• ENTRIES SHOWN:
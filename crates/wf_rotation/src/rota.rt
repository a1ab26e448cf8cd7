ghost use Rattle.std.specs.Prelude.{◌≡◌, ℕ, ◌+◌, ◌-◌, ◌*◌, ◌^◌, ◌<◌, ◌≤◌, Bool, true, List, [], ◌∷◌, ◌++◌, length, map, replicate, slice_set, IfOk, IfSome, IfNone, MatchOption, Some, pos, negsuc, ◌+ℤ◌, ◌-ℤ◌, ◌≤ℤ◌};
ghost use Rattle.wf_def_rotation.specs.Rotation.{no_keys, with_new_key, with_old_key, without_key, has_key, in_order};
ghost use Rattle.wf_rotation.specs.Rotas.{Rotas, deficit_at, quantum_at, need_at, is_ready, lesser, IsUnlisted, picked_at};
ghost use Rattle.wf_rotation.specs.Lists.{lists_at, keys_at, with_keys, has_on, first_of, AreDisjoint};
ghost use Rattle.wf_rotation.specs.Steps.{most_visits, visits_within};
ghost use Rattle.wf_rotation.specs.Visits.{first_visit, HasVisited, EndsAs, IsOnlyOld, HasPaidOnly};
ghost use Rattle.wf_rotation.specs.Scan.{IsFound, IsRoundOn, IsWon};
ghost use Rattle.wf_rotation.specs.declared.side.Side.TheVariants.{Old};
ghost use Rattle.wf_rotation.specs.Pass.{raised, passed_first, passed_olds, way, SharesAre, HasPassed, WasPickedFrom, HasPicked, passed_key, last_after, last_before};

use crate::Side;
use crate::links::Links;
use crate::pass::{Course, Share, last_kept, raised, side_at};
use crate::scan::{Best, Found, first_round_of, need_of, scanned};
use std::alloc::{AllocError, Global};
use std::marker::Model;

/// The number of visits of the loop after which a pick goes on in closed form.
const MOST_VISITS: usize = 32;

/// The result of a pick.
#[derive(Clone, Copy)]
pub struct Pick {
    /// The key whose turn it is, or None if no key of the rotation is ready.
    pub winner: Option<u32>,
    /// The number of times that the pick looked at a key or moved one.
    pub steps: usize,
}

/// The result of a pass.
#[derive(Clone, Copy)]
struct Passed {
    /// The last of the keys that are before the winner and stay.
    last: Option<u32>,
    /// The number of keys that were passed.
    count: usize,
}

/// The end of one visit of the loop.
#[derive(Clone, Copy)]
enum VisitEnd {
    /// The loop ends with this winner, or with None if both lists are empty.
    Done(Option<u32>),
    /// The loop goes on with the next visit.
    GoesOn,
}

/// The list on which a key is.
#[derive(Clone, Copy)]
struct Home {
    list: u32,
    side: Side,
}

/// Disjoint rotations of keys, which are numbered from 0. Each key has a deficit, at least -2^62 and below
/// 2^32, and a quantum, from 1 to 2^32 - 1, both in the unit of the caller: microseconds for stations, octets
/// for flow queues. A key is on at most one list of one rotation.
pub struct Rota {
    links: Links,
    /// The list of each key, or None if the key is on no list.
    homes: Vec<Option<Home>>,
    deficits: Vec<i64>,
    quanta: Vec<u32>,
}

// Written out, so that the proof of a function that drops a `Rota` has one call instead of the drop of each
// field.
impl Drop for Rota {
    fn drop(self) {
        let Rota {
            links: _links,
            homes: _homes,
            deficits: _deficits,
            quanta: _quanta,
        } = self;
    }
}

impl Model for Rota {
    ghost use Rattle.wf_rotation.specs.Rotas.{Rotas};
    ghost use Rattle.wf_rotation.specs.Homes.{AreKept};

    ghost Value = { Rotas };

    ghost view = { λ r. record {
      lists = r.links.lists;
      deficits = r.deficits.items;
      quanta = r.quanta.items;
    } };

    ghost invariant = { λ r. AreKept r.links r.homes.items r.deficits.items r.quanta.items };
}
==
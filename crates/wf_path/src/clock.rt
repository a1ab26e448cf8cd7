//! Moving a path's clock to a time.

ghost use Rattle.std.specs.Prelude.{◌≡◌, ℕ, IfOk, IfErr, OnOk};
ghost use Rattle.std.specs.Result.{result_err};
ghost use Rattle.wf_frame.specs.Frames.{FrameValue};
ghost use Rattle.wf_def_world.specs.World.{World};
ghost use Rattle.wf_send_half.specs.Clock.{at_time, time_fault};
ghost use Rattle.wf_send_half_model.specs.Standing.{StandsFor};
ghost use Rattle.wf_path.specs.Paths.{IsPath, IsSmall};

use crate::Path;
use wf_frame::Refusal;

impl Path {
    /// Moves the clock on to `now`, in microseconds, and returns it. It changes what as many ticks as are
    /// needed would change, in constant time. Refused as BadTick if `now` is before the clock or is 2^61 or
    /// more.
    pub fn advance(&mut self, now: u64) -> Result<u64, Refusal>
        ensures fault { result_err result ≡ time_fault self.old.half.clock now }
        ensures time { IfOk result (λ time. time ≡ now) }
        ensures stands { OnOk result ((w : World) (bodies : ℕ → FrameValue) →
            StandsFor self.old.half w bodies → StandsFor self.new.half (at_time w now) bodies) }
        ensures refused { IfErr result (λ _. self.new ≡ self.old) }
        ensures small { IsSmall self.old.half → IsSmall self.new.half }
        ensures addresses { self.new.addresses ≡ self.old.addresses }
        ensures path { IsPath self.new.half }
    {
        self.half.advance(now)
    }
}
...
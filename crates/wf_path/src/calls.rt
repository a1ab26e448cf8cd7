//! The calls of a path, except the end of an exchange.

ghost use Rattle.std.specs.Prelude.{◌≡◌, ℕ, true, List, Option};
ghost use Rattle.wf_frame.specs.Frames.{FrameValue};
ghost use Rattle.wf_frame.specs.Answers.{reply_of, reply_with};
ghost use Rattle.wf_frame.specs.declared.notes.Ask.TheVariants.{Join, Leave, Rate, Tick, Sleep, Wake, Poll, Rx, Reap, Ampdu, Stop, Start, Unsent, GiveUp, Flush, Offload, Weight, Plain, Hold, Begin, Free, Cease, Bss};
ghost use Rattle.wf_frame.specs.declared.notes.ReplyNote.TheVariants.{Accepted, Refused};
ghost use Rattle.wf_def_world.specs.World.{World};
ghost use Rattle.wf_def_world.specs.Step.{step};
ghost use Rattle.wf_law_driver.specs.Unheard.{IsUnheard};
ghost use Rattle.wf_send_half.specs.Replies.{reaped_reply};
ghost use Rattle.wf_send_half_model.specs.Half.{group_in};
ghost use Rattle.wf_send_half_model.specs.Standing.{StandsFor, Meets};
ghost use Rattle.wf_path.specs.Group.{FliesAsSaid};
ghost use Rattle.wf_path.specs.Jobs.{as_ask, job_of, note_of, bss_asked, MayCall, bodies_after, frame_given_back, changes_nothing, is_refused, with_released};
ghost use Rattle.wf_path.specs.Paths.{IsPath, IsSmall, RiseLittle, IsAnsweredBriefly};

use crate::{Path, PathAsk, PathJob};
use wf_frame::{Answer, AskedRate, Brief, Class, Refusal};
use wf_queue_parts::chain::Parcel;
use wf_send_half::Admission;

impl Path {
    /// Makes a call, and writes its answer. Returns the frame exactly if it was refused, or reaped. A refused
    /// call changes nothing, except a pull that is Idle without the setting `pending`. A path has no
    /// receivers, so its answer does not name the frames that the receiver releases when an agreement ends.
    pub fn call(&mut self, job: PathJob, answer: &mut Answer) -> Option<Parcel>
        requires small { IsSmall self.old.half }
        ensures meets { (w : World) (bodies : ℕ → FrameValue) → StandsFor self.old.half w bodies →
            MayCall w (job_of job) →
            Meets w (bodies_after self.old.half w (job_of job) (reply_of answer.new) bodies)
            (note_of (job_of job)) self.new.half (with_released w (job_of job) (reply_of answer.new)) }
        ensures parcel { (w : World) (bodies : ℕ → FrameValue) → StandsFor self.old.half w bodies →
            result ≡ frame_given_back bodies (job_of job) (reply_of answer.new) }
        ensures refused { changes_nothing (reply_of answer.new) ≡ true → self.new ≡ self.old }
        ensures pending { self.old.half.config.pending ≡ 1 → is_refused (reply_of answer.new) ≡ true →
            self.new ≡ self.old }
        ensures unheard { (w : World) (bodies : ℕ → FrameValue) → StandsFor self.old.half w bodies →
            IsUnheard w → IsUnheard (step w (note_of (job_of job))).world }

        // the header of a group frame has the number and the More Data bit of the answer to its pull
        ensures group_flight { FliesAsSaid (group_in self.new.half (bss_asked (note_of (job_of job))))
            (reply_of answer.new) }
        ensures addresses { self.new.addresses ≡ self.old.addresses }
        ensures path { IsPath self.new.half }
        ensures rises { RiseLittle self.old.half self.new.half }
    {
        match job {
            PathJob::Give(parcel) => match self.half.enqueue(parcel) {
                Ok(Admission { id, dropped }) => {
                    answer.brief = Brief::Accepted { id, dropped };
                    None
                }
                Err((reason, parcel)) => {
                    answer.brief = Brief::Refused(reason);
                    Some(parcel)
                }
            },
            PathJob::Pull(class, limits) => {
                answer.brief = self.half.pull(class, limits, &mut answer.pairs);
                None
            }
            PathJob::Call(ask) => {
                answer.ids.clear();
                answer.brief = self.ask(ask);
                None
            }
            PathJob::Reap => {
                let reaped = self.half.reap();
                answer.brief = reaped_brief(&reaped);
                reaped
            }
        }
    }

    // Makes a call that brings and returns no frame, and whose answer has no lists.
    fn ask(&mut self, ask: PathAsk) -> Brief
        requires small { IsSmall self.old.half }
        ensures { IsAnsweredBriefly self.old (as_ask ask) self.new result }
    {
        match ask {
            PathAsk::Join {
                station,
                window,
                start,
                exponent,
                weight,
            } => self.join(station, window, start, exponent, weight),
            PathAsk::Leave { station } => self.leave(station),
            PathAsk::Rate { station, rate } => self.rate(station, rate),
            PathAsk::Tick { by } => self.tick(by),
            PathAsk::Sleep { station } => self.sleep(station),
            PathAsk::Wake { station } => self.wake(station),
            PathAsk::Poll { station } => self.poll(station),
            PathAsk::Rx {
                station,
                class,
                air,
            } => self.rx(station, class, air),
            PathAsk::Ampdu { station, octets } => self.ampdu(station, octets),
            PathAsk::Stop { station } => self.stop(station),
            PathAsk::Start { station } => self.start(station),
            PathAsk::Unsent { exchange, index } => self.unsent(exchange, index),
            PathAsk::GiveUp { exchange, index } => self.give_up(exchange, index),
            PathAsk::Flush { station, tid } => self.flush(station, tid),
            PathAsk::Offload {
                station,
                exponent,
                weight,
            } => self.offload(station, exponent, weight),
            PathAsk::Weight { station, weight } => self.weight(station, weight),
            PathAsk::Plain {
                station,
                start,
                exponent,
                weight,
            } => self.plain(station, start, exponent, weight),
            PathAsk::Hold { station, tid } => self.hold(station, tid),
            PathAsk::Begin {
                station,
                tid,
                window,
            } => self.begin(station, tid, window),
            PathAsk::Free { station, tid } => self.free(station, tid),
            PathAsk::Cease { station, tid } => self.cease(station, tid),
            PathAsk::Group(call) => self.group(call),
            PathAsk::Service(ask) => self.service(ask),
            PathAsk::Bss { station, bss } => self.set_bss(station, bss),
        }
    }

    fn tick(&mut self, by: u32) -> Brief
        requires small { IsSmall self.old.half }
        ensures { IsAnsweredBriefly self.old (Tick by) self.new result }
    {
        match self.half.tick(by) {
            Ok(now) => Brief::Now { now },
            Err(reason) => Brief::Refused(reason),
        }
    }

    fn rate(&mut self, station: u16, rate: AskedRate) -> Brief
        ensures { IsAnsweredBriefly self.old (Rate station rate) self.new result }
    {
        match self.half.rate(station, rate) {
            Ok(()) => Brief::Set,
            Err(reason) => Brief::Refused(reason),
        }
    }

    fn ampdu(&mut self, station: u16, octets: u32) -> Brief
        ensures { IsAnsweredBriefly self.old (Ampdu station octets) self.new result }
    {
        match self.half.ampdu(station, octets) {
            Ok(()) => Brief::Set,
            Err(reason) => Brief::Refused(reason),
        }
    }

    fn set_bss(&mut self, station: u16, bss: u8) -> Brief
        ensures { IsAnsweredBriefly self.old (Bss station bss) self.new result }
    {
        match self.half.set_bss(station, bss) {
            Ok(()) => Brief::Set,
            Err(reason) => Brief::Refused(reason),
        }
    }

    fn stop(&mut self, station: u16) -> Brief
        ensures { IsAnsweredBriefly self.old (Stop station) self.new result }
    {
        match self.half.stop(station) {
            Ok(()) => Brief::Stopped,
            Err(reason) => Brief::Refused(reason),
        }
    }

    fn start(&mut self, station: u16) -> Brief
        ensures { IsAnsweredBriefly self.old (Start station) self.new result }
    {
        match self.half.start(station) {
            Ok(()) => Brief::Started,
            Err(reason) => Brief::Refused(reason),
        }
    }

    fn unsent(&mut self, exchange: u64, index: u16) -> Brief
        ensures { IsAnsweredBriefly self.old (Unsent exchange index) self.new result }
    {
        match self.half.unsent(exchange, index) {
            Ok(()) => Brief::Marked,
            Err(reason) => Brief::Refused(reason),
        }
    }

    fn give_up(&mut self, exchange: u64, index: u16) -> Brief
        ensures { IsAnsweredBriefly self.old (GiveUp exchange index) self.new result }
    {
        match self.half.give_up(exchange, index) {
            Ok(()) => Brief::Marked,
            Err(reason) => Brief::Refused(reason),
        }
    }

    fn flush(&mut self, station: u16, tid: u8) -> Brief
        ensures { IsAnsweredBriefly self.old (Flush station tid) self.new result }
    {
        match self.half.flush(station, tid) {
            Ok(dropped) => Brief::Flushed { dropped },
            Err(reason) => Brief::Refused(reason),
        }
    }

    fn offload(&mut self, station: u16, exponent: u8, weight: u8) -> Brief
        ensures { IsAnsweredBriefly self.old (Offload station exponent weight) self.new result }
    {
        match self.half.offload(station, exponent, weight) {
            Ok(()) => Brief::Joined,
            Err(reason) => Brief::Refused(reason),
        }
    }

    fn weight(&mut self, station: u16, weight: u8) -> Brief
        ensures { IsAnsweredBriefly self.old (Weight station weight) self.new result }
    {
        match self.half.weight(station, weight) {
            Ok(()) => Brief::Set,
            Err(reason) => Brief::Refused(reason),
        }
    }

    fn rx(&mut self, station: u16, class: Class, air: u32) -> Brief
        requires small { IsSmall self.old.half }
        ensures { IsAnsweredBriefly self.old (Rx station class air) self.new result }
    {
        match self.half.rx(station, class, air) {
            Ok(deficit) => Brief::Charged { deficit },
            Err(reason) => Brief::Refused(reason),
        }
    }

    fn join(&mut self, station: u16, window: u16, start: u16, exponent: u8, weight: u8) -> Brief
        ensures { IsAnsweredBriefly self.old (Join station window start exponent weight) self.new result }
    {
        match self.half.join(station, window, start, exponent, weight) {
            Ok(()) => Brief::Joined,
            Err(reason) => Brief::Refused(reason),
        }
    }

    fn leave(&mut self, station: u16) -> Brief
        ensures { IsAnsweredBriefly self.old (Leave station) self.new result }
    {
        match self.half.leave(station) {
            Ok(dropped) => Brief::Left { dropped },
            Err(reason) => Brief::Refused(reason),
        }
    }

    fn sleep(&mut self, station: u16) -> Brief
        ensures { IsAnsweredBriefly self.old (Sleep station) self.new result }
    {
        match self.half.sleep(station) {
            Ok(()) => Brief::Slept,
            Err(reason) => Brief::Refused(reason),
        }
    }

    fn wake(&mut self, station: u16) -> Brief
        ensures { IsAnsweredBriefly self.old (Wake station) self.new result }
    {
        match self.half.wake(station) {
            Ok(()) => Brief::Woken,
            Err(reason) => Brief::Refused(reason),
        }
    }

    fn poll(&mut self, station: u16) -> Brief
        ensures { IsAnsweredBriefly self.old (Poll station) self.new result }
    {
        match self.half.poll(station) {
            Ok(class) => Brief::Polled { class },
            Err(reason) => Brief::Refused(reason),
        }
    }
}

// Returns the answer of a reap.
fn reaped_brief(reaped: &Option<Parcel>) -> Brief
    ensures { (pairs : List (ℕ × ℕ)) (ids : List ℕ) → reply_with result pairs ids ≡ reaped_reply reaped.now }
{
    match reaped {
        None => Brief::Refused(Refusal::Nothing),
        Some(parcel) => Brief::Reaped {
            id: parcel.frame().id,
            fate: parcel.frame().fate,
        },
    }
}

• WHAT YOU SHOULD DO:
Wherever the string "declared" occurs in the records above, copy that line.

• ANSWER TO THE PROBLEM:
ghost use Rattle.wf_rotation.specs.declared.side.Side.TheVariants.{Old};
ghost use Rattle.wf_frame.specs.declared.notes.Ask.TheVariants.{Join, Leave, Rate, Tick, Sleep, Wake, Poll, Rx, Reap, Ampdu, Stop, Start, Unsent, GiveUp, Flush, Offload, Weight, Plain, Hold, Begin, Free, Cease, Bss};
ghost use Rattle.wf_frame.specs.declared.notes.ReplyNote.TheVariants.{Accepted, Refused};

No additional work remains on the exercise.